== Problem description ==
Nothing but an exact copy of the data should be given.

+-------+

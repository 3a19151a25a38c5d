//! Random keys, user IDs and certifications, which a start and a count determine. It uses wot_key, wot_packet and
//! wot_verdict for what they consist of, and knows no command and no reply. wot_gen makes a script of them.
#![tactic(auto)]

mod bodies;
mod certification;
mod identity;
mod keys;
mod words;

pub use certification::{Certification, certifications};
pub use identity::Identity;
pub use keys::identities;
pub use words::Words;
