//! The keys, each with a user ID and a direct key signature. They are all made first, since certifications need the
//! fingerprints of their issuers.
ghost use Rattle.std.specs.Prelude.{◌≡◌, ◌+◌, ◌*◌, ◌<◌, ◌≤◌, ◌^◌, true, [], ◌∷◌, length, IfOk, OnOk};
ghost use Rattle.wot_key.specs.Key.{fpr_of, is_readable};
ghost use Rattle.wot_packet.specs.Writing.{written_all};
ghost use Rattle.wot_random.specs.Identities.{AreIdentities, IsIdentity};

use crate::bodies::{key_body, signature_body, user_id};
use crate::identity::Identity;
use crate::words::Words;
use std::alloc::Global;
use wot_fields::Octets;
use wot_key::fingerprint;
use wot_packet::write_packet;
use wot_types::{Fpr, Memory};
use wot_verdict::number_of;

/// The packets of a key, of a signature on it and of a user ID.
fn packets(alloc: Global, body: &[u8], direct: &[u8], uid: &[u8]) -> Result<Octets, Memory>
    requires body { length body.now < 2 ^ 32 }
    requires direct { length direct.now < 2 ^ 32 }
    requires uid { length uid.now < 2 ^ 32 }
    ensures { IfOk result (λ packets. packets ≡ written_all ((6, body.now) ∷ (2, direct.now) ∷ (13, uid.now) ∷ [])) }
{
    let mut text = Vec::new(alloc);
    write_packet(6, body, &mut text)?;
    write_packet(2, direct, &mut text)?;
    write_packet(13, uid, &mut text)?;
    Ok(Octets::from_vec(text))
}

/// The fingerprint of a key with this body.
fn fpr_of_key(body: &[u8]) -> Fpr
    requires { is_readable body.now ≡ true }
    ensures { result ≡ fpr_of body.now }
{
    let Some(fpr) = fingerprint(body) else {
        unreachable!()
    };
    fpr
}

/// The key of an index. It takes four words.
fn make_identity(alloc: Global, words: &mut Words, index: u32) -> Result<Identity, Memory>
    requires index { index < 2000 }
    requires round { words.old.drawn ≡ 4 * index }
    ensures made { IfOk result (IsIdentity words.old.start index) }
    ensures start { words.new.start ≡ words.old.start }
    ensures drawn { OnOk result (words.new.drawn ≡ words.old.drawn + 4) }
{
    let made = 1_000_000_000 + index;
    let material = [words.draw(), words.draw(), words.draw(), words.draw()];
    let body = key_body(alloc, made, material)?;
    let fpr = fpr_of_key(&body);
    let uid = user_id(alloc, index)?;
    let signature = signature_body(alloc, 0x1f, made, &fpr, &[])?;
    let direct = number_of(&body, 0, &[], &signature);
    let packets = packets(alloc, &body, &signature, uid.octets())?;
    Ok(Identity {
        body: Octets::from_vec(body),
        fpr,
        uid,
        direct,
        packets,
    })
}

/// The keys of all indices below a count.
pub fn identities(alloc: Global, words: &mut Words, count: u32) -> Result<Vec<Identity>, Memory>
    requires count { count ≤ 2000 }
    requires first { words.old.drawn ≡ 0 }
    ensures made { IfOk result (λ made. AreIdentities words.old.start count made.items) }
    ensures start { words.new.start ≡ words.old.start }
    ensures drawn { OnOk result (words.new.drawn ≡ 4 * count) }
{
    let mut made = Vec::new(alloc);
    for index in 0..count {
        made.push(make_identity(alloc, words, index)?)?;
    }
    Ok(made)
}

+-------+

== Result of this task ==
repository 3a19151a25a38c5d
//! Random keys, user IDs and certifications, which a start and a count determine. It uses wot_key, wot_packet and
//! wot_verdict for what they consist of, and knows no command and no reply. wot_gen makes a script of them.
#![tactic(auto)]

mod bodies;
mod certification;
mod identity;
mod keys;
mod words;

pub use certification::{Certification, certifications};
pub use identity::Identity;
pub use keys::identities;
pub use words::Words;
//! The keys, each with a user ID and a direct key signature. They are all made first, since certifications need the
//! fingerprints of their issuers.
ghost use Rattle.std.specs.Prelude.{◌≡◌, ◌+◌, ◌*◌, ◌<◌, ◌≤◌, ◌^◌, true, [], ◌∷◌, length, IfOk, OnOk};
ghost use Rattle.wot_key.specs.Key.{fpr_of, is_readable};
ghost use Rattle.wot_packet.specs.Writing.{written_all};
ghost use Rattle.wot_random.specs.Identities.{AreIdentities, IsIdentity};

use crate::bodies::{key_body, signature_body, user_id};
use crate::identity::Identity;
use crate::words::Words;
use std::alloc::Global;
use wot_fields::Octets;
use wot_key::fingerprint;
use wot_packet::write_packet;
use wot_types::{Fpr, Memory};
use wot_verdict::number_of;

/// The packets of a key, of a signature on it and of a user ID.
fn packets(alloc: Global, body: &[u8], direct: &[u8], uid: &[u8]) -> Result<Octets, Memory>
    requires body { length body.now < 2 ^ 32 }
    requires direct { length direct.now < 2 ^ 32 }
    requires uid { length uid.now < 2 ^ 32 }
    ensures { IfOk result (λ packets. packets ≡ written_all ((6, body.now) ∷ (2, direct.now) ∷ (13, uid.now) ∷ [])) }
{
    let mut text = Vec::new(alloc);
    write_packet(6, body, &mut text)?;
    write_packet(2, direct, &mut text)?;
    write_packet(13, uid, &mut text)?;
    Ok(Octets::from_vec(text))
}

/// The fingerprint of a key with this body.
fn fpr_of_key(body: &[u8]) -> Fpr
    requires { is_readable body.now ≡ true }
    ensures { result ≡ fpr_of body.now }
{
    let Some(fpr) = fingerprint(body) else {
        unreachable!()
    };
    fpr
}

/// The key of an index. It takes four words.
fn make_identity(alloc: Global, words: &mut Words, index: u32) -> Result<Identity, Memory>
    requires index { index < 2000 }
    requires round { words.old.drawn ≡ 4 * index }
    ensures made { IfOk result (IsIdentity words.old.start index) }
    ensures start { words.new.start ≡ words.old.start }
    ensures drawn { OnOk result (words.new.drawn ≡ words.old.drawn + 4) }
{
    let made = 1_000_000_000 + index;
    let material = [words.draw(), words.draw(), words.draw(), words.draw()];
    let body = key_body(alloc, made, material)?;
    let fpr = fpr_of_key(&body);
    let uid = user_id(alloc, index)?;
    let signature = signature_body(alloc, 0x1f, made, &fpr, &[])?;
    let direct = number_of(&body, 0, &[], &signature);
    let packets = packets(alloc, &body, &signature, uid.octets())?;
    Ok(Identity {
        body: Octets::from_vec(body),
        fpr,
        uid,
        direct,
        packets,
    })
}

/// The keys of all indices below a count.
pub fn identities(alloc: Global, words: &mut Words, count: u32) -> Result<Vec<Identity>, Memory>
    requires count { count ≤ 2000 }
    requires first { words.old.drawn ≡ 0 }
    ensures made { IfOk result (λ made. AreIdentities words.old.start count made.items) }
    ensures start { words.new.start ≡ words.old.start }
    ensures drawn { OnOk result (words.new.drawn ≡ 4 * count) }
{
    let mut made = Vec::new(alloc);
    for index in 0..count {
        made.push(make_identity(alloc, words, index)?)?;
    }
    Ok(made)
}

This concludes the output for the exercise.